4.3. Retrace and reenact¶
“Thanks a lot for sharing your dataset with me! This is super helpful. I’m sure I’ll catch up in no time!”, your room mate says confidently. “How far did you get with the DataLad commands yet?” he asks at last.
“Mhh, I think the last big one was datalad run
(manual).
Actually, let me quickly show you what this command
does. There is something that I’ve been wanting to try
anyway.” you say.
The dataset you shared contained a number of datalad run
commands. For example, you created the simple podcasts.tsv
file that listed all titles and speaker names of the longnow
podcasts.
Given that you learned to create “proper” datalad run
commands,
complete with --input
and --output
specification,
anyone should be able to datalad rerun
(manual) these commits
easily. This is what you want to try now.

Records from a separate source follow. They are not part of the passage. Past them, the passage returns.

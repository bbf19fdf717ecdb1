// Answers to the question which names are in a class.
ghost use Rattle.std.specs.Prelude.{◌≡◌, ◌∷◌, [], ◌++◌, ◌&&◌, true, All, Contains, IfNone, IfOk, IfSome, IsTrue, false};
ghost use Rattle.std.specs.List.{list_all};
ghost use Rattle.logic_terms.specs.Shown.{concept_of};
ghost use Rattle.logic_terms.specs.Interpretation.{Interpretation, element_of};
ghost use Rattle.logic_terms.specs.Plain.{is_plain, are_plain};
ghost use Rattle.logic_terms.specs.Reading.{IsIn, IsModel};
ghost use Rattle.wiki_base.specs.declared.numbers.WordId.{WordId};
ghost use Rattle.logic_terms.specs.Complement.{complement};
ghost use Rattle.logic_terms.specs.Names.{names_rise};
ghost use Rattle.absorb.specs.Absorbed.{IsAbsorbed};
ghost use Rattle.absorb.specs.Mentioned.{names_in, is_among, are_over};
ghost use Rattle.owl_eval.specs.Checked.{kept_interp, kept_claims};
ghost use Rattle.consequences.specs.Known.{theory_in};
ghost use Rattle.answers.specs.Answered.{IsInAll, IsOutsideSome, IsUnknown};
ghost use Rattle.answers.specs.Fit.{IsFit};
ghost use Rattle.answers.specs.Single.{Answered};

use crate::asserting::asserting;
use crate::denying::other_model;
use crate::question::Question;
use absorb::absorb;
use consequences::Consequences;
use logic_terms::{Axiom, Class, Names, negated};
use owl_eval::{CheckedModel, axiom_true};
use reasoner::{Verdict, decide};
use std::alloc::Global;
use wiki_base::{Memory, WordId};

/// The names in a class, and those of which it is not known, each in order of number.
#[derive(Drop)]
pub struct Answers {
    /// In the class in every finite model of the axioms.
    pub yes: Names,
    /// The budget was spent before it was decided.
    pub unknown: Names,
}

/// The given names that are in a class in every finite model of the kept axioms. A name that is outside the class in the
/// kept interpretation is no answer, and one that a branch of single choices shows to be in it is one. From a budget of 100,000
/// on a model is looked for that has all others outside at once; for each that is inside there too, the verdict on the axioms
/// with its membership in the complement decides, within `budget` rule applications.
pub fn ask(
    alloc: Global,
    class: &Class,
    kept: &CheckedModel,
    names: &Names,
    budget: u64,
) -> Result<Answers, Memory>
    requires over { IsTrue (are_over names.now (kept_claims kept.now) && list_all (is_among names.now) (names_in (concept_of class.now))) }
    requires plain { IsTrue (are_plain (kept_claims kept.now) && is_plain (concept_of class.now)) }
    ensures yes { IfOk result (λ a. All (IsInAll (kept_claims kept.now) (concept_of class.now)) a.yes) }
    ensures unknown { IfOk result (λ a. All (IsUnknown (kept_claims kept.now) names.now budget (concept_of class.now)) a.unknown) }
    ensures kept_has_unknown { IfOk result
        (λ a. All (λ n. IsIn (kept_interp kept.now) (concept_of class.now) (element_of (kept_interp kept.now) n)) a.unknown) }
    ensures others { IfOk result (λ a. (n : WordId) → Contains names.now n → ¬ Contains a.yes n → ¬ Contains a.unknown n
        → IsOutsideSome (kept_claims kept.now) (concept_of class.now) n) }
    ensures given { IfOk result (λ a. All (Contains names.now) a.yes × All (Contains names.now) a.unknown) }
    ensures apart { IfOk result (λ a. (n : WordId) → Contains a.yes n → ¬ Contains a.unknown n) }
{
    let k = absorb(alloc, kept.axioms(), names)?;
    let known = Consequences::new(alloc, k, budget)?;
    ask_known(alloc, &known, class, kept, names, budget)
}

/// The same with the consequences of the knowledge that the kept axioms were absorbed to, which serve many classes.
pub fn ask_known(
    alloc: Global,
    known: &Consequences,
    class: &Class,
    kept: &CheckedModel,
    names: &Names,
    budget: u64,
) -> Result<Answers, Memory>
    requires absorbed { IsAbsorbed (kept_claims kept.now) names.now (theory_in known.now) }
    requires over { IsTrue (are_over names.now (kept_claims kept.now) && list_all (is_among names.now) (names_in (concept_of class.now))) }
    requires plain { IsTrue (are_plain (kept_claims kept.now) && is_plain (concept_of class.now)) }
    ensures yes { IfOk result (λ a. All (IsInAll (kept_claims kept.now) (concept_of class.now)) a.yes) }
    ensures unknown { IfOk result (λ a. All (IsUnknown (kept_claims kept.now) names.now budget (concept_of class.now)) a.unknown) }
    ensures kept_has_unknown { IfOk result
        (λ a. All (λ n. IsIn (kept_interp kept.now) (concept_of class.now) (element_of (kept_interp kept.now) n)) a.unknown) }
    ensures others { IfOk result (λ a. (n : WordId) → Contains names.now n → ¬ Contains a.yes n → ¬ Contains a.unknown n
        → IsOutsideSome (kept_claims kept.now) (concept_of class.now) n) }
    ensures given { IfOk result (λ a. All (Contains names.now) a.yes × All (Contains names.now) a.unknown) }
    ensures apart { IfOk result (λ a. (n : WordId) → Contains a.yes n → ¬ Contains a.unknown n) }
{
    let denial = negated(alloc, class)?;
    let question = Question {
        known,
        class,
        denial: &denial,
        kept,
        names,
        budget,
    };
    all_decided(alloc, &question)
}

// The answers to a question.
fn all_decided(alloc: Global, question: &Question<'_>) -> Result<Answers, Memory>
    requires { IsFit question.now }
    ensures yes { IfOk result (λ a. All (IsInAll (kept_claims question.now.kept.now) (concept_of question.now.class.now)) a.yes) }
    ensures unknown { IfOk result (λ a.
        All (IsUnknown (kept_claims question.now.kept.now) question.now.names.now question.now.budget (concept_of question.now.class.now)) a.unknown) }
    ensures kept_has_unknown { IfOk result (λ a. All (λ n.
        IsIn (kept_interp question.now.kept.now) (concept_of question.now.class.now) (element_of (kept_interp question.now.kept.now) n)) a.unknown) }
    ensures others { IfOk result (λ a. (n : WordId) → Contains question.now.names.now n → ¬ Contains a.yes n → ¬ Contains a.unknown n
        → IsOutsideSome (kept_claims question.now.kept.now) (concept_of question.now.class.now) n) }
    ensures given { IfOk result (λ a. All (Contains question.now.names.now) a.yes × All (Contains question.now.names.now) a.unknown) }
    ensures apart { IfOk result (λ a. (n : WordId) → Contains a.yes n → ¬ Contains a.unknown n) }
{
    let other = other_model(alloc, question)?;
    each_decided(alloc, question, &other)
}

// The same where another model of the axioms was looked for.
fn each_decided(
    alloc: Global,
    question: &Question<'_>,
    other: &Option<CheckedModel>,
) -> Result<Answers, Memory>
    requires fit { IsFit question.now }
    requires other { IfSome other.now (λ m. kept_claims m ≡ kept_claims question.now.kept.now) }
    ensures yes { IfOk result (λ a. All (IsInAll (kept_claims question.now.kept.now) (concept_of question.now.class.now)) a.yes) }
    ensures unknown { IfOk result (λ a.
        All (IsUnknown (kept_claims question.now.kept.now) question.now.names.now question.now.budget (concept_of question.now.class.now)) a.unknown) }
    ensures kept_has_unknown { IfOk result (λ a. All (λ n.
        IsIn (kept_interp question.now.kept.now) (concept_of question.now.class.now) (element_of (kept_interp question.now.kept.now) n)) a.unknown) }
    ensures others { IfOk result (λ a. (n : WordId) → Contains question.now.names.now n → ¬ Contains a.yes n → ¬ Contains a.unknown n
        → IsOutsideSome (kept_claims question.now.kept.now) (concept_of question.now.class.now) n) }
    ensures given { IfOk result (λ a. All (Contains question.now.names.now) a.yes × All (Contains question.now.names.now) a.unknown) }
    ensures apart { IfOk result (λ a. (n : WordId) → Contains a.yes n → ¬ Contains a.unknown n) }
{
    let mut yes = Names::new(alloc);
    let mut unknown = Names::new(alloc);
    for name in question.names.as_slice() {
        match decided(alloc, question, other, *name)? {
            Asked::Yes => yes.push(*name)?,
            Asked::Unknown => unknown.push(*name)?,
            Asked::No => {}
        }
    }
    Ok(Answers { yes, unknown })
}

// Whether one name is in the class.
#[derive(Drop)]
pub(crate) enum Asked {
    Yes,
    Unknown,
    No,
}

// Whether one name is in the class.
fn decided(
    alloc: Global,
    question: &Question<'_>,
    other: &Option<CheckedModel>,
    name: WordId,
) -> Result<Asked, Memory>
    requires fit { IsFit question.now }
    requires other { IfSome other.now (λ m. kept_claims m ≡ kept_claims question.now.kept.now) }
    requires rising { names_rise question.now.names.now ≡ true }
    requires given { IsTrue (is_among question.now.names.now name) }
    ensures { IfOk result (λ a. Answered (kept_interp question.now.kept.now) (kept_claims question.now.kept.now) question.now.names.now
        question.now.budget (concept_of question.now.class.now) name a) }
{
    let class = question.class;
    let denial = question.denial;
    let known = question.known;
    let is_out = is_outside(alloc, question.kept, class, denial, name)?;
    if is_out {
        return Ok(Asked::No);
    }
    if known.include(class, name) {
        return Ok(Asked::Yes);
    }
    let is_out_there = is_outside_other(alloc, other, class, denial, name)?;
    if is_out_there {
        return Ok(Asked::No);
    }
    let with_denial = asserting(alloc, known.knowledge(), name, denial)?;
    match decide(alloc, &with_denial, question.budget)? {
        Verdict::Consistent(_) => Ok(Asked::No),
        Verdict::Inconsistent(_) => Ok(Asked::Yes),
        Verdict::Spent(_) => Ok(Asked::Unknown),
    }
}

// Whether another model of the same axioms, where there is one, has a name outside the class.
fn is_outside_other(
    alloc: Global,
    other: &Option<CheckedModel>,
    class: &Class,
    denial: &Class,
    name: WordId,
) -> Result<bool, Memory>
    requires { concept_of denial.now ≡ complement (concept_of class.now) }
    ensures some { IfSome other.now (λ m. IfOk result (λ yes. IsTrue yes → IsOutsideSome (kept_claims m) (concept_of class.now) name)) }
    ensures none { IfNone other.now (IfOk result (λ yes. yes ≡ false)) }
{
    match other {
        Some(model) => is_outside(alloc, model, class, denial, name),
        None => Ok(false),
    }
}

// Whether the kept interpretation has a name outside the class, of which the denial is the complement.
pub(crate) fn is_outside(
    alloc: Global,
    kept: &CheckedModel,
    class: &Class,
    denial: &Class,
    name: WordId,
) -> Result<bool, Memory>
    requires { concept_of denial.now ≡ complement (concept_of class.now) }
    ensures outside { IfOk result (λ yes. IsTrue yes → IsOutsideSome (kept_claims kept.now) (concept_of class.now) name) }
    ensures inside { IfOk result (λ yes. ¬ IsTrue yes → IsIn (kept_interp kept.now) (concept_of class.now) (element_of (kept_interp kept.now) name)) }
{
    let copied = denial.copy(alloc)?;
    let denied = Axiom::Member(copied, name);
    Ok(axiom_true(kept.interp(), &denied))
}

You begin to think about which datalad run
commit would be
the most useful one to take a look at. The creation of
podcasts.tsv
was a bit dull – at this point in time, you
didn’t yet know about --input
and --output
arguments,
and the resulting output is present anyway because text files
like this .tsv
file are stored in Git.
However, one of the attempts to resize a picture could be
useful. The input, the podcast logos, is not yet retrieved,
nor is the resulting, resized image. “Let’s go for this!”,
you say, and drag your confused room mate to the computer
screen.
First of all, find the commit shasum of the command you want to run by taking a look into the history of the dataset (in the shared dataset):
# navigate into the shared copy
$ cd ../mock_user/DataLad-101
# lets view the history
$ git log --oneline -n 10
b5fc129 add note on clean datasets
d5845d3 [DATALAD RUNCMD] Resize logo for slides
d24531d [DATALAD RUNCMD] Resize logo for slides
af9ca10 add additional notes on run options
a4044db [DATALAD RUNCMD] convert -resize 450x450 recordings/longn...
9369462 resized picture by hand
be503c3 [DATALAD RUNCMD] convert -resize 400x400 recordings/longn...
4009576 add note on basic datalad run and datalad rerun
572fd65 add note datalad and git diff
f4916cc [DATALAD RUNCMD] create a list of podcast titles
Ah, there it is, the second most recent commit.
Just as already done in section DataLad, Re-Run!,
take this shasum and plug it into a datalad rerun
command:
$ datalad rerun d5845d33✂SHA1
[INFO] run commit d5845d3; (Resize logo for s...)
[INFO] Making sure inputs are available (this may take some time)
get(ok): recordings/longnow/.datalad/feed_metadata/logo_salt.jpg (file) [from web...]
run.remove(ok): recordings/salt_logo_small.jpg (file) [Removed file]
[INFO] == Command start (output follows) =====
[INFO] == Command exit (modification check follows) =====
run(ok): /home/me/dl-101/mock_user/DataLad-101 (dataset) [convert -resize 400x400 recordings/longn...]
add(ok): recordings/salt_logo_small.jpg (file)
action summary:
add (ok: 1)
get (notneeded: 1, ok: 1)
run (ok: 1)
run.remove (ok: 1)
save (notneeded: 2)
“This was so easy!” you exclaim. DataLad retrieved the missing
file content from the subdataset and it tried to unlock the output
prior to the command execution. Note that because you did not retrieve
the output, recordings/salt_logo_small.jpg
, yet, the missing content
could not be unlocked. DataLad warns you about this, but proceeds
successfully.
Your room mate now not only knows how exactly the resized file came into existence, but he can also reproduce your exact steps to create it. “This is as reproducible as it can be!” you think in awe.